_AIM OF THE EXERCISE_. Return only the number of lines in the data below where the word "they" appears.

* * * *

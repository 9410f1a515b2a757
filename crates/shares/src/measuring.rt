// Measuring a grid: what each of its cells adds to the sums of strips, where the rule counts it; and what all cells owe at most.
ghost use Rattle.std.specs.Prelude.{◌≡◌, ℕ, ◌+◌, ◌*◌, ◌<◌, ◌≤◌, ◌&&◌, List, length, replicate, ◌==◌};
ghost use Rattle.sum.specs.Sum.{only, over};
ghost use Rattle.outline.specs.Grid.{Grid, Drawn, stored};
ghost use Rattle.tally.specs.Sums.{Widths};
ghost use Rattle.tally.specs.Units.{five, Measurable, Put, Laid, Row, Rising};
ghost use Rattle.shares.specs.Shares.{counted_of, owed, dues_of, SharesTo, Shares};

use outline::{Line, MOST_LINES};
use rule::Rule;
use table::runs::LANES;
use table::sides::span;
use tally::measuring::{Sides, look_around};
use tally::{CELL_BOTTOMS, CELL_LEFTS, CELL_RIGHTS, CELL_TOPS, ROW, SHARES};

// A side of a cell, where it counts at all and the cell across is not inside. With no branch, since cells come in any order.
fn side_of(counts: bool, across: u8, length: u32) -> u32
    ensures { (result ≡ only (counts && across == 0) length) × (result ≤ length) }
{
    if counts & (across == 0) { length } else { 0 }
}

// The sides of the cell (i, j): each counts where the cell across is not inside, and where a shot as low or as narrow as this cell is a
// sliver.
fn sides_of(xs: &[u16], ys: &[u16], cells: &[u8], rule: Rule, i: usize, j: usize) -> Sides
    requires { Measurable xs.now ys.now cells.now i j }
    ensures bottom_value { (result.bottom ≡ counted_of rule xs.now ys.now cells.now i j 1) × (result.top ≡ counted_of rule xs.now ys.now cells.now i j 2) }
    ensures left_value { (result.left ≡ counted_of rule xs.now ys.now cells.now i j 3) × (result.right ≡ counted_of rule xs.now ys.now cells.now i j 4) }
    ensures bottom_bound { (result.bottom ≤ 65535) × ((result.top ≤ 65535) × ((result.left ≤ 65535) × (result.right ≤ 65535))) }
{
    let around = look_around(xs, ys, cells, i, j);
    let inside = around.cell != 0;
    let low = inside & !rule.spares(around.height);
    let narrow = inside & !rule.spares(around.width);
    Sides {
        bottom: side_of(low, around.under, around.width),
        top: side_of(low, around.above, around.width),
        left: side_of(narrow, around.before, around.height),
        right: side_of(narrow, around.after, around.height),
    }
}

// Stores the five shares of the cell at this place: whether it is inside, and its sides.
fn put_shares(short: &mut [u16; SHARES], at: usize, cell: u8, sides: Sides)
    requires short_len { (length short.old ≡ 2560) × (at < 512) }
    requires bottom_bound { (sides.bottom ≤ 65535) × ((sides.top ≤ 65535) × ((sides.left ≤ 65535) × (sides.right ≤ 65535))) }
    ensures { Put (five cell sides.bottom sides.top sides.left sides.right) at short.old short.new }
{
    short[at] = u16::from(cell);
    short[CELL_BOTTOMS + at] = sides.bottom as u16;
    short[CELL_TOPS + at] = sides.top as u16;
    short[CELL_LEFTS + at] = sides.left as u16;
    short[CELL_RIGHTS + at] = sides.right as u16;
}

// Measures the cell (i, j), and gives what it owes: the price of a shot where it is inside, and its sides.
fn measure_cell(
    short: &mut [u16; SHARES],
    xs: &[u16],
    ys: &[u16],
    cells: &[u8],
    rule: Rule,
    price: u32,
    i: usize,
    j: usize,
) -> u32
    requires short_len { (length short.old ≡ 2560) × (price ≤ 1000) }
    requires measurable { Measurable xs.now ys.now cells.now i j }
    ensures put { Put (counted_of rule xs.now ys.now cells.now i j) (32 * j + i) short.old short.new }
    ensures value { (result ≡ owed price (counted_of rule xs.now ys.now cells.now i j)) × (result ≤ 517140) }
{
    let cell = cells[MOST_LINES * i + j];
    let sides = sides_of(xs, ys, cells, rule, i, j);
    put_shares(short, ROW * j + i, cell, sides);
    price * u32::from(cell) + sides.bottom + sides.top + sides.left + sides.right
}

// Measures the cells of the row j, and gives what they owe.
fn measure_row(
    short: &mut [u16; SHARES],
    xs: &[u16],
    ys: &[u16],
    cells: &[u8],
    rule: Rule,
    price: u32,
    columns: usize,
    j: usize,
) -> u32
    requires short_len { (length short.old ≡ 2560) × ((price ≤ 1000) × (columns ≤ 15)) }
    requires by_index { (i : ℕ) → i < columns → Measurable xs.now ys.now cells.now i j }
    ensures shares_to { (g : Grid) → Row g columns j xs.now ys.now cells.now → SharesTo g rule (32 * j) short.old → SharesTo g rule (32 * (j + 1)) short.new }
    ensures value { (result ≡ over 0 columns (λ i. owed price (counted_of rule xs.now ys.now cells.now i j))) × (result ≤ 7757100) }
{
    let mut due: u32 = 0;
    for i in 0..columns {
        due += measure_cell(short, xs, ys, cells, rule, price, i, j);
    }
    due
}

// Measures all cells, into a list that is all zeros, and gives what they owe: no piece costs more.
pub fn measure(
    short: &mut [u16; SHARES],
    xs: &[u16],
    ys: &[u16],
    cells: &[u8],
    rule: Rule,
    price: u32,
    columns: usize,
    rows: usize,
) -> u32
    requires laid { Laid (stored columns rows xs.now ys.now cells.now) xs.now ys.now cells.now }
    requires short_value { (short.old ≡ replicate 2560 0) × (price ≤ 1000) }
    ensures shares { Shares (stored columns rows xs.now ys.now cells.now) rule short.new }
    ensures value { result ≡ dues_of (stored columns rows xs.now ys.now cells.now) rule price }
{
    let mut due: u32 = 0;
    for j in 0..rows {
        due += measure_row(short, xs, ys, cells, rule, price, columns, j);
    }
    due
}

// The widths in nm of the strips of w columns.
pub fn widths(wide: &mut [u16; LANES], xs: &[u16], columns: usize, w: usize)
    requires { (length wide.old ≡ 16) × Rising xs.now columns w }
    ensures { (g : Grid) (ys cells : List ℕ) → g.columns ≡ columns → Drawn g xs.now ys cells → Widths g w wide.new }
{
    let strips = columns + 1 - w;
    for a in 0..strips {
        let end = a + w;
        wide[a] = span(xs, Line(a), Line(end)) as u16;
    }
}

* * * *

_ANSWER TO THE PROBLEM_. 2